▸ Task prompt
Print out all of the data below, keeping it identical to the original.

(Saved entries)
◇ ◇ ◇

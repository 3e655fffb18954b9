// No code: what is promised of the calls stands in specs/, and its proof in proofs/.
#![tactic(auto)]
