/// The program that the prelude is.
pub fn prelude_program(alloc: Global) -> Result<Prog, AllocError> {
    let mut items = Sequence::empty(alloc);
    define(alloc, &mut items, &LISTS)?;
    items.push(queue_type(alloc)?)?;
    define(alloc, &mut items, &QUEUES)?;
    define(alloc, &mut items, &FIBER_QUEUES)?;
    Ok(Prog {
        nodes: nodes(alloc)?,
        items,
    })
}
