// Why a call has no answer: the refusals of document 01's table, each with its number.
#![tactic(auto)]

ghost use Rattle.std.specs.Prelude.{◌≡◌};
ghost use Rattle.refusals.specs.Number.{number, number_of};

use std::error::Error;
use std::fmt;

// In the order of their numbers, by which document 01 checks what is given.
#[derive(Clone, Copy, Debug, PartialEq, Eq, PartialOrd, Ord, Hash)]
pub enum Refusal {
    // An order is above 20, or the centre's n above 19.
    OrderAbove20 = 1,
    // An order asked or needed exceeds a jet's, a list has the wrong length, or a jet of order 0 has no derivative.
    Shape,
    // There are no such part lists, or the parts are not positive and nonincreasing.
    NoPartList,
    // A recipe has no jet or more than 4, no step or more than 12, or a step that names itself or a later number.
    NoRecipe,
    // A float handed in is not finite.
    InputNotFinite,
    // A determinant is zero.
    ZeroDeterminant,
    // A division by zero is due.
    DivisionByZero,
    // An exact quotient leaves a remainder.
    Remainder,
    // A number is formed that lies outside -2^63 to 2^63 - 1.
    OutOfRange,
    // A float that would be returned is not finite.
    AnswerNotFinite,
    // This pair of orders is not served.
    PairNotServed,
}

impl Refusal {
    // Document 01's number, which the C interface returns.
    pub fn number(self) -> u8
        ensures { result ≡ number self }
    {
        self as u8
    }
}

// What a C function returns of an answer: 0, or the refusal's number.
pub fn number_of(answer: Result<(), Refusal>) -> u8
    ensures { result ≡ number_of answer }
{
    match answer {
        Ok(()) => 0,
        Err(refusal) => refusal.number(),
    }
}

impl From<Refusal> for u8 {
    ghost from_gives = { λ r n. n ≡ number r };

    fn from(refusal: Refusal) -> u8 {
        refusal.number()
    }
}

impl Error for Refusal {}

// An error says itself, as Rust's do: `Error` asks for it.
impl fmt::Display for Refusal {
    fn fmt<W: fmt::Write>(&self, f: &mut fmt::Formatter<W>) -> fmt::Result {
        write!(f, "refused {}", self.number())
    }
}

◇ ◇ ◇

▸ Task output
repository 3e655fffb18954b9
// No code: what is promised of the calls stands in specs/, and its proof in proofs/.
#![tactic(auto)]
/// The program that the prelude is.
pub fn prelude_program(alloc: Global) -> Result<Prog, AllocError> {
    let mut items = Sequence::empty(alloc);
    define(alloc, &mut items, &LISTS)?;
    items.push(queue_type(alloc)?)?;
    define(alloc, &mut items, &QUEUES)?;
    define(alloc, &mut items, &FIBER_QUEUES)?;
    Ok(Prog {
        nodes: nodes(alloc)?,
        items,
    })
}
// Why a call has no answer: the refusals of document 01's table, each with its number.
#![tactic(auto)]

ghost use Rattle.std.specs.Prelude.{◌≡◌};
ghost use Rattle.refusals.specs.Number.{number, number_of};

use std::error::Error;
use std::fmt;

// In the order of their numbers, by which document 01 checks what is given.
#[derive(Clone, Copy, Debug, PartialEq, Eq, PartialOrd, Ord, Hash)]
pub enum Refusal {
    // An order is above 20, or the centre's n above 19.
    OrderAbove20 = 1,
    // An order asked or needed exceeds a jet's, a list has the wrong length, or a jet of order 0 has no derivative.
    Shape,
    // There are no such part lists, or the parts are not positive and nonincreasing.
    NoPartList,
    // A recipe has no jet or more than 4, no step or more than 12, or a step that names itself or a later number.
    NoRecipe,
    // A float handed in is not finite.
    InputNotFinite,
    // A determinant is zero.
    ZeroDeterminant,
    // A division by zero is due.
    DivisionByZero,
    // An exact quotient leaves a remainder.
    Remainder,
    // A number is formed that lies outside -2^63 to 2^63 - 1.
    OutOfRange,
    // A float that would be returned is not finite.
    AnswerNotFinite,
    // This pair of orders is not served.
    PairNotServed,
}

impl Refusal {
    // Document 01's number, which the C interface returns.
    pub fn number(self) -> u8
        ensures { result ≡ number self }
    {
        self as u8
    }
}

// What a C function returns of an answer: 0, or the refusal's number.
pub fn number_of(answer: Result<(), Refusal>) -> u8
    ensures { result ≡ number_of answer }
{
    match answer {
        Ok(()) => 0,
        Err(refusal) => refusal.number(),
    }
}

impl From<Refusal> for u8 {
    ghost from_gives = { λ r n. n ≡ number r };

    fn from(refusal: Refusal) -> u8 {
        refusal.number()
    }
}

impl Error for Refusal {}

// An error says itself, as Rust's do: `Error` asks for it.
impl fmt::Display for Refusal {
    fn fmt<W: fmt::Write>(&self, f: &mut fmt::Formatter<W>) -> fmt::Result {
        write!(f, "refused {}", self.number())
    }
}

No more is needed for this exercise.